• [ACTIVITY]:
In the listing that follows, the range to quote begins at the line that has "An error is" and ends after the line that has "one of them;"; quote it verbatim and add nothing.

(DATA SHOWN)

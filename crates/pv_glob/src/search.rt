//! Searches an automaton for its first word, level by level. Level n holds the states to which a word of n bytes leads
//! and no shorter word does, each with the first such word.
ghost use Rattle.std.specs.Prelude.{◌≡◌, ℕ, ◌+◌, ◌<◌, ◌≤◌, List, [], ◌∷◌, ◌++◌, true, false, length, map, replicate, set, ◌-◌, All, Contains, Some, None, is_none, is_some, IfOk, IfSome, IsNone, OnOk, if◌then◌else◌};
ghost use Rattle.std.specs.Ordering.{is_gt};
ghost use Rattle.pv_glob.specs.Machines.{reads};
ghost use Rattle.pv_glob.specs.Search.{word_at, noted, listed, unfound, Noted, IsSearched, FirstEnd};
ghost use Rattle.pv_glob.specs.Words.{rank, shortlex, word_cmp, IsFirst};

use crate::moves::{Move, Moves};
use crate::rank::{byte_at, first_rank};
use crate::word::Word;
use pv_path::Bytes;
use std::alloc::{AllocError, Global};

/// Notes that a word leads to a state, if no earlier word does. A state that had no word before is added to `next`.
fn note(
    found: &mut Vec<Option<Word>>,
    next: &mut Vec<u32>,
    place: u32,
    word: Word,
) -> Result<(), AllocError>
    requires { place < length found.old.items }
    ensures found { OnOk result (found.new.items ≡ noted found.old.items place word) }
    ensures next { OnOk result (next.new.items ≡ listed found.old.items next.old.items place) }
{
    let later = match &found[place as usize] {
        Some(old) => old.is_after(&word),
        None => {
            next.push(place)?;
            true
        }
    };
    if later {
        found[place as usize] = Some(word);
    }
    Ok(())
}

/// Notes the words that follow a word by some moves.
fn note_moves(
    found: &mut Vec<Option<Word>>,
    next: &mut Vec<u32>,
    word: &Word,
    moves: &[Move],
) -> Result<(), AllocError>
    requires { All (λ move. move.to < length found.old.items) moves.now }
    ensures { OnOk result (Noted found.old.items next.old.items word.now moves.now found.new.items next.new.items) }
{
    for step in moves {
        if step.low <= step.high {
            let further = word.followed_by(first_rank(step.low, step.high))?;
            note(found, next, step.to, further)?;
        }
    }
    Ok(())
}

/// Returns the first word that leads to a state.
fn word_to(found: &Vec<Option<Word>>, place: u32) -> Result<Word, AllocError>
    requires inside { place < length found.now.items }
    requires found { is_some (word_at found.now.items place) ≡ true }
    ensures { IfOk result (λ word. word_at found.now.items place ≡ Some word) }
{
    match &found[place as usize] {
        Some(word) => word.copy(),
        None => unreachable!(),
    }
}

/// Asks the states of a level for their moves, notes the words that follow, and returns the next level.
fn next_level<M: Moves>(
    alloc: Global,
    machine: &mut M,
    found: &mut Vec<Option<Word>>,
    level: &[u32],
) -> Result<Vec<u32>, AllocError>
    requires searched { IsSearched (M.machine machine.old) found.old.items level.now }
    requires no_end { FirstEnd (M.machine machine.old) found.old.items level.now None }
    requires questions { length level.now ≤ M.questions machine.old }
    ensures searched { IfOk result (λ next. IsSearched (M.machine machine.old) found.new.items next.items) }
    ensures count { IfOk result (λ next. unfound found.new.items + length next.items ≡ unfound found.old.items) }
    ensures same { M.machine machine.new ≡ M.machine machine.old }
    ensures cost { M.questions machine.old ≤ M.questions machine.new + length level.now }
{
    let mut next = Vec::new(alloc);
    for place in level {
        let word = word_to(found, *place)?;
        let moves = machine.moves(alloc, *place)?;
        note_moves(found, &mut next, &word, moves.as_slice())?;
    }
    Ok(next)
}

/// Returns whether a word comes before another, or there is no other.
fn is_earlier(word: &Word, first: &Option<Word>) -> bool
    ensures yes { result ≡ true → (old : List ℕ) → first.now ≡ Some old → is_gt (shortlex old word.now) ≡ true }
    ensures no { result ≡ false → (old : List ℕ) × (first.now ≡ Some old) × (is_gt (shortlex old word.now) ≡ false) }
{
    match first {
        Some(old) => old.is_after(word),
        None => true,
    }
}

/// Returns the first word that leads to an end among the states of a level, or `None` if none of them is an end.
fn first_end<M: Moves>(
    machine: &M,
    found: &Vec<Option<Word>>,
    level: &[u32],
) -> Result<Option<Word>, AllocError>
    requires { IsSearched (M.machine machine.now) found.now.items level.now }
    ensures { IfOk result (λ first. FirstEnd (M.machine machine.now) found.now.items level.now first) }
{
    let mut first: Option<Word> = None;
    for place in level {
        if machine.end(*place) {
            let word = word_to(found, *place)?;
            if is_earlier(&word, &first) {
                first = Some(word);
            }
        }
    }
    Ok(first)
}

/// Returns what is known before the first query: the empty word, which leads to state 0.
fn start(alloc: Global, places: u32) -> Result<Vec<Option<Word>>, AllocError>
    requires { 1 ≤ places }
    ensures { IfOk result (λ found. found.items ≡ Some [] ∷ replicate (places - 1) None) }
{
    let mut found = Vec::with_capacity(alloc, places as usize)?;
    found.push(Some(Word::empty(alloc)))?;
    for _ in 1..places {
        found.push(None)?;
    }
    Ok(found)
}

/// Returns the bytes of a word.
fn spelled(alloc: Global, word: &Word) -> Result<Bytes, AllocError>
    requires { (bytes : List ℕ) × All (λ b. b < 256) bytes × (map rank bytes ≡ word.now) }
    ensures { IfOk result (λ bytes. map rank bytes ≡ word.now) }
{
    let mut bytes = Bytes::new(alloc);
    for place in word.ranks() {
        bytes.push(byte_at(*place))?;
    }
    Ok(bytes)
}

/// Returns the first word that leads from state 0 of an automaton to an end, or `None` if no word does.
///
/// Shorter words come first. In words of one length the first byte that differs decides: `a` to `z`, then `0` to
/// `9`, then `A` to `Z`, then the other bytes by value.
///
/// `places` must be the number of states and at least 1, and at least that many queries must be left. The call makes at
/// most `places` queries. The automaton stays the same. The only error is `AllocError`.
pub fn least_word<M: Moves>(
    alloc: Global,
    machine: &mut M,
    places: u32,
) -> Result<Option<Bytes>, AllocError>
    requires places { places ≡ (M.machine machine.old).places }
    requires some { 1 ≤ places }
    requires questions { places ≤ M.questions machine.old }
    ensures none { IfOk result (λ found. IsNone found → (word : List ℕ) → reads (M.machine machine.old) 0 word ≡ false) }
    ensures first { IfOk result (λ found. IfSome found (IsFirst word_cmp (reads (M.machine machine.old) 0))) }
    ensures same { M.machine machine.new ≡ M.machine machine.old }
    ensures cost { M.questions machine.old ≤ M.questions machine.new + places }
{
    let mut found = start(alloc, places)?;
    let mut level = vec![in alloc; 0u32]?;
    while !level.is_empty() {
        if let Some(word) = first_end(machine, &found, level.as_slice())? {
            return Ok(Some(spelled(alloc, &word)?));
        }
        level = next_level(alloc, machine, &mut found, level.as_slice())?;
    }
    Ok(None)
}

(End DATA SHOWN)
(DATA SHOWN)

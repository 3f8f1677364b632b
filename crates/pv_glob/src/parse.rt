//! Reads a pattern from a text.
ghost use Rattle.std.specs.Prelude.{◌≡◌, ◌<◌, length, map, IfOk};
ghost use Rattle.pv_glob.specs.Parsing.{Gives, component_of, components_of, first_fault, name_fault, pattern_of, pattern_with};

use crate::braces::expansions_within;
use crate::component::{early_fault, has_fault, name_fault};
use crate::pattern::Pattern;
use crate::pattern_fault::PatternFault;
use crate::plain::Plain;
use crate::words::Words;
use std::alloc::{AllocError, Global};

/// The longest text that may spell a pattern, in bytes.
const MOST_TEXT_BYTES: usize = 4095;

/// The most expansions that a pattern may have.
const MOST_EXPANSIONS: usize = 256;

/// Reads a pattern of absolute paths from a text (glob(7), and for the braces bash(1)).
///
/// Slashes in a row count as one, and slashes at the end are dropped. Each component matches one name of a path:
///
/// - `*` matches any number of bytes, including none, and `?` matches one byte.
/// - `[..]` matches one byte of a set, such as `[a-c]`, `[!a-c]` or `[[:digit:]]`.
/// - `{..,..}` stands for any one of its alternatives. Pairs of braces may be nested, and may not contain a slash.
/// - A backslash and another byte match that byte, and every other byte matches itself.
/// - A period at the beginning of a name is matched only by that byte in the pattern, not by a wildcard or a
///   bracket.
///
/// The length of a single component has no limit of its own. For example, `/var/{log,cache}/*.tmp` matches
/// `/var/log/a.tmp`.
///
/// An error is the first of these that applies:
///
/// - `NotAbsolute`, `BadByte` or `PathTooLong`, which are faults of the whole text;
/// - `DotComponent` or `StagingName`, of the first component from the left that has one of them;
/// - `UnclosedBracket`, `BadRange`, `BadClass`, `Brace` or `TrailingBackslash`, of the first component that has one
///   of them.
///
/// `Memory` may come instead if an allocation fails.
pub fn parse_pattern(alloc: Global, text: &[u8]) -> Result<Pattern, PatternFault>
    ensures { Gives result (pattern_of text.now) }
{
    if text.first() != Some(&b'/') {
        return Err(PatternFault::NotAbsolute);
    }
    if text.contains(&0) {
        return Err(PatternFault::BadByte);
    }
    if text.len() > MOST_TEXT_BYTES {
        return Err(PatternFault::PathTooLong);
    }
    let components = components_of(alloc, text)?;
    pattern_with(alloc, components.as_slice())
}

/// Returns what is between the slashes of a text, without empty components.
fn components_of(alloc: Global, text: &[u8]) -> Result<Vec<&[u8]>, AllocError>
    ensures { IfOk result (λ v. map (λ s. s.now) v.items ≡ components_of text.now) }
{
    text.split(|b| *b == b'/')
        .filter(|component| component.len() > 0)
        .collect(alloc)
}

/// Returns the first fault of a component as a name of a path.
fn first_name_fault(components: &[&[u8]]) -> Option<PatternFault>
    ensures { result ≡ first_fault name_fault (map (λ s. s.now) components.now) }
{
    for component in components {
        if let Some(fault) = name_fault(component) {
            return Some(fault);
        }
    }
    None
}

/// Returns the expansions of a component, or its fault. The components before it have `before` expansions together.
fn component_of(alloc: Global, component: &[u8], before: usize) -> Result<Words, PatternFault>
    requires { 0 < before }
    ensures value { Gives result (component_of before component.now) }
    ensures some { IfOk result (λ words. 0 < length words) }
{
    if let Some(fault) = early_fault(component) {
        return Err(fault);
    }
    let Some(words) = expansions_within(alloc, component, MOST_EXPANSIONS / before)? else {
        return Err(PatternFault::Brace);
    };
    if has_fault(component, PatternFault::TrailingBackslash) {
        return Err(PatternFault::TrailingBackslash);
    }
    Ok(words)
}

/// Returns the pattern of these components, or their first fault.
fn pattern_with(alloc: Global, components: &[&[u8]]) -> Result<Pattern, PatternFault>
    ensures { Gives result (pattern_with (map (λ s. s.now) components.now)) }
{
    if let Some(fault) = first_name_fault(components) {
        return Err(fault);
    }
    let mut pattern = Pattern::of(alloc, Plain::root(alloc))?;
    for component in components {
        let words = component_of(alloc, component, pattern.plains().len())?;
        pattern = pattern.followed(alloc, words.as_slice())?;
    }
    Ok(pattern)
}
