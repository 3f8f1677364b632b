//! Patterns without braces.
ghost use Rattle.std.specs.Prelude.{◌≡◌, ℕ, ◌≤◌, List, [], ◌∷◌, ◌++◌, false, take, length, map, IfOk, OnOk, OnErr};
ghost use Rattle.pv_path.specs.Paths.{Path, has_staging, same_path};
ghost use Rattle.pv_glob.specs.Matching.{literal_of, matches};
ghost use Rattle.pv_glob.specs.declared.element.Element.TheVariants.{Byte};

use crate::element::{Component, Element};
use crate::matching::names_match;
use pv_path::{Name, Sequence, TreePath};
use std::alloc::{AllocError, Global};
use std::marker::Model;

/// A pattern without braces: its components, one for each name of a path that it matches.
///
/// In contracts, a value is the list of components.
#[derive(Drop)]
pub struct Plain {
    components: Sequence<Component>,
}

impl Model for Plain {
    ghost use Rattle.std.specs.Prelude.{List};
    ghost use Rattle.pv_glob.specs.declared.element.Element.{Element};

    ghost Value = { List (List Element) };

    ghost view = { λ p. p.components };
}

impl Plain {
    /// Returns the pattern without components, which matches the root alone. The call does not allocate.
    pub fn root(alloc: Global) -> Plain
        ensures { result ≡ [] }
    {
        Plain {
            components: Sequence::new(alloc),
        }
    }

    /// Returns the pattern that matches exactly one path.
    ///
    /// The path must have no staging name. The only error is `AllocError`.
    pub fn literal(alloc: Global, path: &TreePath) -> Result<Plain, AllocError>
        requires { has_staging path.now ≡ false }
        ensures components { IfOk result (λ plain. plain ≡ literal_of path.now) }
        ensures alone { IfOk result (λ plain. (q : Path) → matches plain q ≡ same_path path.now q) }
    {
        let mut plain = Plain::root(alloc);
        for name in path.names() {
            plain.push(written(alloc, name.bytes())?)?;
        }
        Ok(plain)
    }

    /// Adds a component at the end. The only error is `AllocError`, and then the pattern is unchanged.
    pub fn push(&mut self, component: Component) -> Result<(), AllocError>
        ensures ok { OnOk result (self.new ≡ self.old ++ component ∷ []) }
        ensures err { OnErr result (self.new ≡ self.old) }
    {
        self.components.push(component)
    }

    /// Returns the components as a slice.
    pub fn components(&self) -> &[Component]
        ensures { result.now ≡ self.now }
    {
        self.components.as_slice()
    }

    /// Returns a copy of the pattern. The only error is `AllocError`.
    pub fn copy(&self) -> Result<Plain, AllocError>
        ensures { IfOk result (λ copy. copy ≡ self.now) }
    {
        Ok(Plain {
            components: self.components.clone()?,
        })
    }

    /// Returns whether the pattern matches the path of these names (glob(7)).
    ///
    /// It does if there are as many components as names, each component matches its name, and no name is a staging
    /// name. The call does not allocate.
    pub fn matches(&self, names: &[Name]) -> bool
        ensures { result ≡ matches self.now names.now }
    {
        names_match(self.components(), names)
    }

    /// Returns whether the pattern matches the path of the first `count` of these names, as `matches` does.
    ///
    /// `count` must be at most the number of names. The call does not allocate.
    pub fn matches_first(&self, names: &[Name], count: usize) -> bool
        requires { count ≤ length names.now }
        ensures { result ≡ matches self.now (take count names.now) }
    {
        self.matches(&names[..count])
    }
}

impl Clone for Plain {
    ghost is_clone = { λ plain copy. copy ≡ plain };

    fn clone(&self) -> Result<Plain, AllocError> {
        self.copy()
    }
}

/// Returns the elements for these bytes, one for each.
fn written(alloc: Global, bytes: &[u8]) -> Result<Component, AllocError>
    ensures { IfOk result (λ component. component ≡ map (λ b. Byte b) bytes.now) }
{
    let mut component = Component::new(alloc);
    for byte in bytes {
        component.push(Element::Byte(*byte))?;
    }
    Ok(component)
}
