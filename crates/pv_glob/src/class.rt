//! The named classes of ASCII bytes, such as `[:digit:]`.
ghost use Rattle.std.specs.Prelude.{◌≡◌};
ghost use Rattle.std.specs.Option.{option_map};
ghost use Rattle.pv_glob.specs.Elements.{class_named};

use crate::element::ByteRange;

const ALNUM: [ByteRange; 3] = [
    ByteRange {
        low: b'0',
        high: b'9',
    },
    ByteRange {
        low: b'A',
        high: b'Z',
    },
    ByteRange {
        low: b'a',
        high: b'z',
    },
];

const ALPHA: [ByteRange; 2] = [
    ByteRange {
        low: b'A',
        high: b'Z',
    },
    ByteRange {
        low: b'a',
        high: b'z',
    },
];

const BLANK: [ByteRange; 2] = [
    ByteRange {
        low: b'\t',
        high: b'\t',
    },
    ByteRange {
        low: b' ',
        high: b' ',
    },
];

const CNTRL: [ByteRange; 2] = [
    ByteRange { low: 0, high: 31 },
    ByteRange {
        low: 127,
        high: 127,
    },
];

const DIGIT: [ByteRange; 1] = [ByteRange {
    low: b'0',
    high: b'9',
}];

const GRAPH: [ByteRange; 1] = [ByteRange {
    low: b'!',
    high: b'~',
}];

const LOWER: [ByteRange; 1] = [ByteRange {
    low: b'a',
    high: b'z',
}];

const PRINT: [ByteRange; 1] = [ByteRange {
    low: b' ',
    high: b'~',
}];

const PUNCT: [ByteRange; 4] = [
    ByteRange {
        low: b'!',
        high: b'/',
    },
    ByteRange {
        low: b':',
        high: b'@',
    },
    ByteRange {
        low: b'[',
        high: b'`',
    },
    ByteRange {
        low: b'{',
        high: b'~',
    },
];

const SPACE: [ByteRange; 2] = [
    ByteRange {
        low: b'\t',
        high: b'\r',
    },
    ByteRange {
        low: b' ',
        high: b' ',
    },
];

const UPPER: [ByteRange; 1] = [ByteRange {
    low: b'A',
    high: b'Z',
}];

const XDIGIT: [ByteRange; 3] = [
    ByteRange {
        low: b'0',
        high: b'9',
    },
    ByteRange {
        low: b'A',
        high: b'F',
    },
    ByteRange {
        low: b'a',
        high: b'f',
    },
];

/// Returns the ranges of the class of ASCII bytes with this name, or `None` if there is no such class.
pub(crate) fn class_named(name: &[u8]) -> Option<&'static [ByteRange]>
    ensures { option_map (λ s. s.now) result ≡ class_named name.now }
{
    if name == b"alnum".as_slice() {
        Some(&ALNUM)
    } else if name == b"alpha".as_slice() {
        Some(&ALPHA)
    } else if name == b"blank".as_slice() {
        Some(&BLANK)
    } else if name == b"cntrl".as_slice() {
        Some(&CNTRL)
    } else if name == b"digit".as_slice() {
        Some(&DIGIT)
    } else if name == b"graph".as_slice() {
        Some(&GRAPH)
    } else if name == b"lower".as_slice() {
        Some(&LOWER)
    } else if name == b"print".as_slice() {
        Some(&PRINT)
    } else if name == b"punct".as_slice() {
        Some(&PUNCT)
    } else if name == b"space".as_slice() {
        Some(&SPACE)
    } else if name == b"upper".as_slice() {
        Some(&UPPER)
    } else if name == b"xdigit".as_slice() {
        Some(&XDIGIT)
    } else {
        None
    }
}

(End DATA SHOWN)

• [SOLUTION TO THE EXERCISE]:
/// An error is the first of these that applies:
///
/// - `NotAbsolute`, `BadByte` or `PathTooLong`, which are faults of the whole text;
/// - `DotComponent` or `StagingName`, of the first component from the left that has one of them;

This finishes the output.